Raising the bar for mainstream Cortex
This is a guest blog by Govind Wathan, CPU Product Manager at ARM. The views expressed in this blog are his and his alone. We invited Govind to share some of his thoughts on the all-new Cortex-A55 processor.
We live in an increasingly always-connected, intelligence-everywhere digital world. Whether it’s self-driving cars on the road, augmented reality (AR) on our smartphones or artificial intelligence (AI) in our homes – powerful devices are tirelessly consuming data, and power or battery-life. So how do we sustain this level of constant, advanced technology in a power-efficient way?
Introducing the ARM Cortex-A55: efficient performance, scaling from edge to cloud
The ARM Cortex-A55 processor redefines how high performance can be delivered efficiently for scalable solutions, from small IoT edge gateways to large 5G networks. Based on the latest ARMv8.2 architecture, it brings significantly more performance, increased power efficiency, enhanced scalability and advanced machine learning (ML) and safety features for future applications, from the edge to the cloud.
By comparison to its predecessor, the Cortex-A53 CPU, it has pushed the boundaries even further, boasting gains such as:
- Up to 2x more memory performance than Cortex-A53 at same frequency and process
- Up to 15% better power efficiency than Cortex-A53 at same frequency and process
- More than 10x more scalability than Cortex-A53
The Cortex-A55 processor raises the bar
Arrival at the optimized balance of performance and efficiency gains required challenging existing concepts around the design of the Cortex-A53. How did we do it? Here are the highlights:
- Reduced idle time between instructions: We overhauled the branch predictor by incorporating neural network elements in its algorithm to improve prediction. We also added zero-cycle branch predictors to further reduce bubbles in the pipeline.
- Lower memory access latency: We made the L2 cache private to each CPU, which resulted in a reduction of memory access time to the L2 cache by more than 50% when compared to the Cortex-A53. This improved performance across the board.
- Enhanced memory capacity for improved performance and efficiency: We introduced an L3 cache, which is shared across all the Cortex-A55 CPUs within the cluster. The L3 cache is a part of a new functional unit in ARM DynamIQ processors called the DynamIQ Shared Unit (DSU).
Improved sustained performance
The Cortex-A55 delivers sustained performance for a significantly longer duration compared to today’s Cortex-A53 solutions. This is critical for user experiences in markets such as AR, Virtual Reality (VR) and Mixed Reality (MR) that are expected to dominate the future mobile landscape and have high performance requirements. Thermal limits in mobile devices pose as a constraint to performance and mean that they are not able to sustain the required levels of performance for very long.
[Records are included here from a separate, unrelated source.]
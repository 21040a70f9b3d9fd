// One event is turned: the half-edges that begin there are linked.
ghost use Rattle.std.specs.Prelude.{◌≡◌, ℕ, suc, ◌+◌, ◌<◌, ◌≤◌, List, length, slice_index};
ghost use Rattle.plane.specs.declared.kinds.Edge.{Edge};
ghost use Rattle.plane.specs.Runs.Steps.{Step};
ghost use Rattle.plane.specs.Runs.Sweeps.{IsEventList};
ghost use Rattle.half_edges.specs.Stars.{IsLinked};
ghost use Rattle.event_mesh.specs.Fans.{fan_of, AreFew, CanTurn, IsOver, IsUnder};
ghost use Rattle.event_mesh.specs.Turned.{IsEvent, IsTurned, points_of};

use half_edges::{HalfEdgeId, Mesh};

/// Links the half-edges that begin at an event: over its starting edges in their order, then under
/// its ending edges in reverse order. `fan` is room for them. It takes time linear in these edges.
pub fn turn_event(mesh: &mut Mesh, starting: &[u32], ending: &[u32], fan: &mut [HalfEdgeId])
    requires can { CanTurn mesh.old starting.now ending.now }
    requires room { length starting.now + length ending.now ≤ length fan.old }
    ensures linked { IsLinked mesh.old mesh.new (fan_of starting.now ending.now) }
    ensures turned { (m : ℕ) (E : ℕ → Edge) (steps : List Step) (k : ℕ)
        → IsEventList m E (points_of steps) → IsTurned m E steps mesh.old k
        → IsEvent m E steps k starting.now ending.now → IsTurned m E steps mesh.new (suc k) }
{
    let size = starting.len() + ending.len();
    write_over(&mut fan[..size], starting);
    write_under(&mut fan[..size], ending);
    mesh.link(&fan[..size]);
}

// Writes the half-edges over the edges to the list, from its first place on.
fn write_over(fan: &mut [HalfEdgeId], starting: &[u32])
    requires room { length starting.now ≤ length fan.old }
    requires few { AreFew starting.now }
    ensures { IsOver starting.now fan.new (length starting.now) }
{
    for (i, e) in starting.iter().enumerate() {
        fan[i] = HalfEdgeId::over(*e);
    }
}

// Writes the half-edges under the edges to the list, from its last place on downwards.
fn write_under(fan: &mut [HalfEdgeId], ending: &[u32])
    requires room { length ending.now ≤ length fan.old }
    requires few { AreFew ending.now }
    ensures written { IsUnder ending.now fan.new (length ending.now) }
    ensures before { (i : ℕ) → i + length ending.now < length fan.old
        → slice_index fan.new i ≡ slice_index fan.old i }
{
    let size = fan.len();
    for (j, e) in ending.iter().enumerate() {
        fan[size - 1 - j] = HalfEdgeId::under(*e);
    }
}
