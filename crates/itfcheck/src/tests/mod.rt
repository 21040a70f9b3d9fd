//! Calls of the program's `run` that rows of data cannot show: refused growths, files that come in
//! pieces or without end, links at their limit, the largest trial, and the calls beside `run`. The
//! worked rows stand in `crates/worked_rows`.

mod calls;
mod endless;
mod growths;
mod links;
mod pieces;
mod trials;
The Cortex-A55 delivers 2.5x more power efficiency compared to Cortex-A53 based devices in the market today. With the Cortex-A55, we have the solution for sustained performance over longer periods in future mobile devices.
The Cortex-A55’s market-leading efficiency makes it a competitive solution for infrastructure processing. Applications such as Power over Ethernet (PoE) wireless access points and thermally constrained rear-view, mirror-mounted automotive solutions can take advantage of the thermally efficient Cortex-A55 and deliver the highest amount of performance in a given thermal budget.
Advanced features and higher performance for infrastructure markets
Scalable from the edge to the cloud and everything in between
In addition to high performance and high efficiency, the Cortex-A55 has also been designed to be highly scalable in physical die area and compute performance. To that end, multiple RTL configuration options were included to give it the ability to be 10x more configurable than Cortex-A53. In fact, it has over 3000 unique configurations, making it the most scalable Cortex-A CPU ever designed.
High-level view of the new features in the DynamIQ Shared Unit
The Accelerator Coherency Port (ACP) and a low-latency peripheral port (PP) are integrated into the DSU to enable closely-coupled accelerators to connect to the Cortex-A55 for general compute. These features, alongside the ML capabilities of the Cortex-A55, enable more compute to happen closer to the ‘edge’ in IoT gateway applications, for increased performance and security.